Problem requirements —
If a line in the data below contains "joined", copy it.

__________

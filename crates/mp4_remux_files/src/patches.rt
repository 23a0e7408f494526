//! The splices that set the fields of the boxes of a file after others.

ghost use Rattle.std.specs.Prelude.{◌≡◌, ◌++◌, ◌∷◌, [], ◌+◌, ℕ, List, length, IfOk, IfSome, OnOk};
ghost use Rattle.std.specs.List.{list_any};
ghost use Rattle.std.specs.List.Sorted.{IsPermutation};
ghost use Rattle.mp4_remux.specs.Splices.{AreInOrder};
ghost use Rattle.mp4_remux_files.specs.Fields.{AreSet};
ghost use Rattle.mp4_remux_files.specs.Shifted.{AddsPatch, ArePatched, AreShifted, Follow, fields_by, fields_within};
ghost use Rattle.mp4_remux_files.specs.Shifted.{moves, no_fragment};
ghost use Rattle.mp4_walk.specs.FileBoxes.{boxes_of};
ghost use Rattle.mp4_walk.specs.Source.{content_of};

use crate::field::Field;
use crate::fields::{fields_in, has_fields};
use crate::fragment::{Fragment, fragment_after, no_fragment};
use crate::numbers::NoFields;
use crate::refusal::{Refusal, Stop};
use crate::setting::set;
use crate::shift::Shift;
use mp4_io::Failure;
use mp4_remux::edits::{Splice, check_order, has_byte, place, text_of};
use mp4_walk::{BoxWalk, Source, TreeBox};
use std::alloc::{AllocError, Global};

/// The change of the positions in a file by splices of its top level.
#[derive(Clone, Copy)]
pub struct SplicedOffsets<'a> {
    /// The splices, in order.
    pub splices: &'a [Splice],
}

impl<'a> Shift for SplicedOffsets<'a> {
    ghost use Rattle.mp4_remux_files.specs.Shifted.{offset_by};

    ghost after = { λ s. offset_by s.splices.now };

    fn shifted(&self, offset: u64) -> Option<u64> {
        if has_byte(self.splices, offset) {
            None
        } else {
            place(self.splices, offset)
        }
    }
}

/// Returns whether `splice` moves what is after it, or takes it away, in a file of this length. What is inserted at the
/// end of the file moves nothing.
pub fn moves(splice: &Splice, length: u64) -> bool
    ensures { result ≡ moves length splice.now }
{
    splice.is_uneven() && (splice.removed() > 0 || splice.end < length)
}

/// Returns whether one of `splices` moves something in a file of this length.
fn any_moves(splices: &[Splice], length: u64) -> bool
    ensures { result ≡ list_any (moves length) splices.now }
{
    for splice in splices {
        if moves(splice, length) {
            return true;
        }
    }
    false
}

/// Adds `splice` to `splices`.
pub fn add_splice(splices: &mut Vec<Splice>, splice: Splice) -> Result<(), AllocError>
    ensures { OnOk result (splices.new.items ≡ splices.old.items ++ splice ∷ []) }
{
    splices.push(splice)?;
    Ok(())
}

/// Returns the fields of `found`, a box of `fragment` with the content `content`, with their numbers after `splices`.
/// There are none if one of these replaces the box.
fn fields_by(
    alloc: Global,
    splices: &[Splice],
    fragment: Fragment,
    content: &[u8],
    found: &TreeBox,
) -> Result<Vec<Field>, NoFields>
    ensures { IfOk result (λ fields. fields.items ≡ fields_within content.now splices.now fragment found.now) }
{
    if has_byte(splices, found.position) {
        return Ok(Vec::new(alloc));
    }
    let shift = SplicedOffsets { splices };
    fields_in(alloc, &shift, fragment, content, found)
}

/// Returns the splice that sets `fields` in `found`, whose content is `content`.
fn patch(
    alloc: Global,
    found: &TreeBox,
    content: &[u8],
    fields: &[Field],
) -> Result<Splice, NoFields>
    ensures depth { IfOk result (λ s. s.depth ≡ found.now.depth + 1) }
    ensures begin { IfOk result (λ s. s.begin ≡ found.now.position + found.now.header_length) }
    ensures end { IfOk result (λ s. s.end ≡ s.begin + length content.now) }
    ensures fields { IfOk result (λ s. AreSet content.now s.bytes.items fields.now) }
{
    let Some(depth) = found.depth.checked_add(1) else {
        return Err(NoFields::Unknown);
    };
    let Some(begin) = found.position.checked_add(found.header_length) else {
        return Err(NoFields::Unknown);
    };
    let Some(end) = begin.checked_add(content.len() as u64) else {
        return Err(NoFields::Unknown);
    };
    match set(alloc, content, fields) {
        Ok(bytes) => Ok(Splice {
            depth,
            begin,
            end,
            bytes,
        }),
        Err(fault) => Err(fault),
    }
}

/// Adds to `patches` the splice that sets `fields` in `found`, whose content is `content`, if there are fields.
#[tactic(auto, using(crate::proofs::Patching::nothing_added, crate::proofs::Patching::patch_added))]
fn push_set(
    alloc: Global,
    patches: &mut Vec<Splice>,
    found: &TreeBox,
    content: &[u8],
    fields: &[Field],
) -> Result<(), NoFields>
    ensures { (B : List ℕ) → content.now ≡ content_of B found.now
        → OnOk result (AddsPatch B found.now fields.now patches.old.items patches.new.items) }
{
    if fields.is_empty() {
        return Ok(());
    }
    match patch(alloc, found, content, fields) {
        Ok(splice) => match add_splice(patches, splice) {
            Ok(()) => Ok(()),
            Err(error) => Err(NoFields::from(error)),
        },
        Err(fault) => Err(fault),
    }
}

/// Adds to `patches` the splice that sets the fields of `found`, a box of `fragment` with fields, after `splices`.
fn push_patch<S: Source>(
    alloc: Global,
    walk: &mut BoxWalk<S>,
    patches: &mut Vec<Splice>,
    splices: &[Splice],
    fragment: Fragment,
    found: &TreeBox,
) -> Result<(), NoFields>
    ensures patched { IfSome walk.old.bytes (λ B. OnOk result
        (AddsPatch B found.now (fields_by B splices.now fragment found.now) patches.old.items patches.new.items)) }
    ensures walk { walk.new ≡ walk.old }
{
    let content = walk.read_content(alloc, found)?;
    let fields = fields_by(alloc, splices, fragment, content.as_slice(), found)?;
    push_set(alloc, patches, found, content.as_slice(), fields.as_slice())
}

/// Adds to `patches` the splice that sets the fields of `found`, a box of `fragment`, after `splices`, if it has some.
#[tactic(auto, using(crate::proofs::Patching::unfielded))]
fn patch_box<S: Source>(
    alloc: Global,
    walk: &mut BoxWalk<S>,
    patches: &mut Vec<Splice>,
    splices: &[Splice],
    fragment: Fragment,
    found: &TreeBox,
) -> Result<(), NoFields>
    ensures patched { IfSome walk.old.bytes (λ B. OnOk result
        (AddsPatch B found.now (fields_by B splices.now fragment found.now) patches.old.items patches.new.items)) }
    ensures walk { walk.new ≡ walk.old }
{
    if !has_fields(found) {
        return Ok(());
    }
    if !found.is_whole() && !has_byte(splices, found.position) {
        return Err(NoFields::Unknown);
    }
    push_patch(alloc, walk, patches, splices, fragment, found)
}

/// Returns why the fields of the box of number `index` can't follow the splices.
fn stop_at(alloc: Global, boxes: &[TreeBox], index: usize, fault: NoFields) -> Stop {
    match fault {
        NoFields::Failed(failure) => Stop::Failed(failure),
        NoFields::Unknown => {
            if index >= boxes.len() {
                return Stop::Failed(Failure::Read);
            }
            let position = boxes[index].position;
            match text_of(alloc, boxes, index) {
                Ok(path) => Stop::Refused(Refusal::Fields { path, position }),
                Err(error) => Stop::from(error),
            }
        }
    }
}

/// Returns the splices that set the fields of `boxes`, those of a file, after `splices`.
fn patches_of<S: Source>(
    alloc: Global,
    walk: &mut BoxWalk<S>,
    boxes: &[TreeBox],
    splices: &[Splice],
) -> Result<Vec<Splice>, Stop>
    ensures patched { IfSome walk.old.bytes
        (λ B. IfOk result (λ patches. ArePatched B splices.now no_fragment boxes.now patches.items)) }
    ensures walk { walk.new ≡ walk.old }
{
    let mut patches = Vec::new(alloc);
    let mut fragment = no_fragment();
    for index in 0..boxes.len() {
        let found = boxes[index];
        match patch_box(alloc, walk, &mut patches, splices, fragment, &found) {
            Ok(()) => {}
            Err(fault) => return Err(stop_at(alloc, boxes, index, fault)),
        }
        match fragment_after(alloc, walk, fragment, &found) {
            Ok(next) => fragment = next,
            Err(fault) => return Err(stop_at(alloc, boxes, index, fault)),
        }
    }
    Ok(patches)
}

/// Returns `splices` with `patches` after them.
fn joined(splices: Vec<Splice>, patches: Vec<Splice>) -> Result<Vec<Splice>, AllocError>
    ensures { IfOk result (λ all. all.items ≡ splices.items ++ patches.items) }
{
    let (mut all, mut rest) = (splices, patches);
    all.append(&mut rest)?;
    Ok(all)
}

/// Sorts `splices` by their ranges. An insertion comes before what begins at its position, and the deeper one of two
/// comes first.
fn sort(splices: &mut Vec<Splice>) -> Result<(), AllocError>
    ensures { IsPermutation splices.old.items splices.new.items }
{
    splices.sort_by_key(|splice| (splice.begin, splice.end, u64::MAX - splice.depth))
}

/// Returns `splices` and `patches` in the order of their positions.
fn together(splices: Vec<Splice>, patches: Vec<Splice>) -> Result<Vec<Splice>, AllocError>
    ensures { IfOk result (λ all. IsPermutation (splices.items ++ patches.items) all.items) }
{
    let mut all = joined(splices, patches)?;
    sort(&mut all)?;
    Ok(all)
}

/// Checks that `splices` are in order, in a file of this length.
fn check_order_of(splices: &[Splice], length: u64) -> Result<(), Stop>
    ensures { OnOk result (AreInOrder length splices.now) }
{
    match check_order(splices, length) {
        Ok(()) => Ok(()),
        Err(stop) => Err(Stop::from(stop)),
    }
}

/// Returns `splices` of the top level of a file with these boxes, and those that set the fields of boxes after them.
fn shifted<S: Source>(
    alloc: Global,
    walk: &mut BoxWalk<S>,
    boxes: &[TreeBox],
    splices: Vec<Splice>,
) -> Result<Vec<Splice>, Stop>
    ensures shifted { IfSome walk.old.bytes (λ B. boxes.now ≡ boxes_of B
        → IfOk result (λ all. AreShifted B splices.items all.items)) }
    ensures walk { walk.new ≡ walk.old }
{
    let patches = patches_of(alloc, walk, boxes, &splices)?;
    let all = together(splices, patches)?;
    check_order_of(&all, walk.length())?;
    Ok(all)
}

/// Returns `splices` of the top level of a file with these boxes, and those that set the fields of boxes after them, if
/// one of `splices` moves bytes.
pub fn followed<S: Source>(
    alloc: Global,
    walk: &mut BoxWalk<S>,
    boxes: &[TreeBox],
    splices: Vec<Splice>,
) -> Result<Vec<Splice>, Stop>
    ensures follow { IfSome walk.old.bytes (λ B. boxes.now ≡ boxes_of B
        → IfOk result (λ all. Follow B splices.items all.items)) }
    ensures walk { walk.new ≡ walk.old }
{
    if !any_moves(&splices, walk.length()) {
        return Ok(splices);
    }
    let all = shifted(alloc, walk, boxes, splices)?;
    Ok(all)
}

__________

Solved problem —
fn joined(splices: Vec<Splice>, patches: Vec<Splice>) -> Result<Vec<Splice>, AllocError>
    let mut all = joined(splices, patches)?;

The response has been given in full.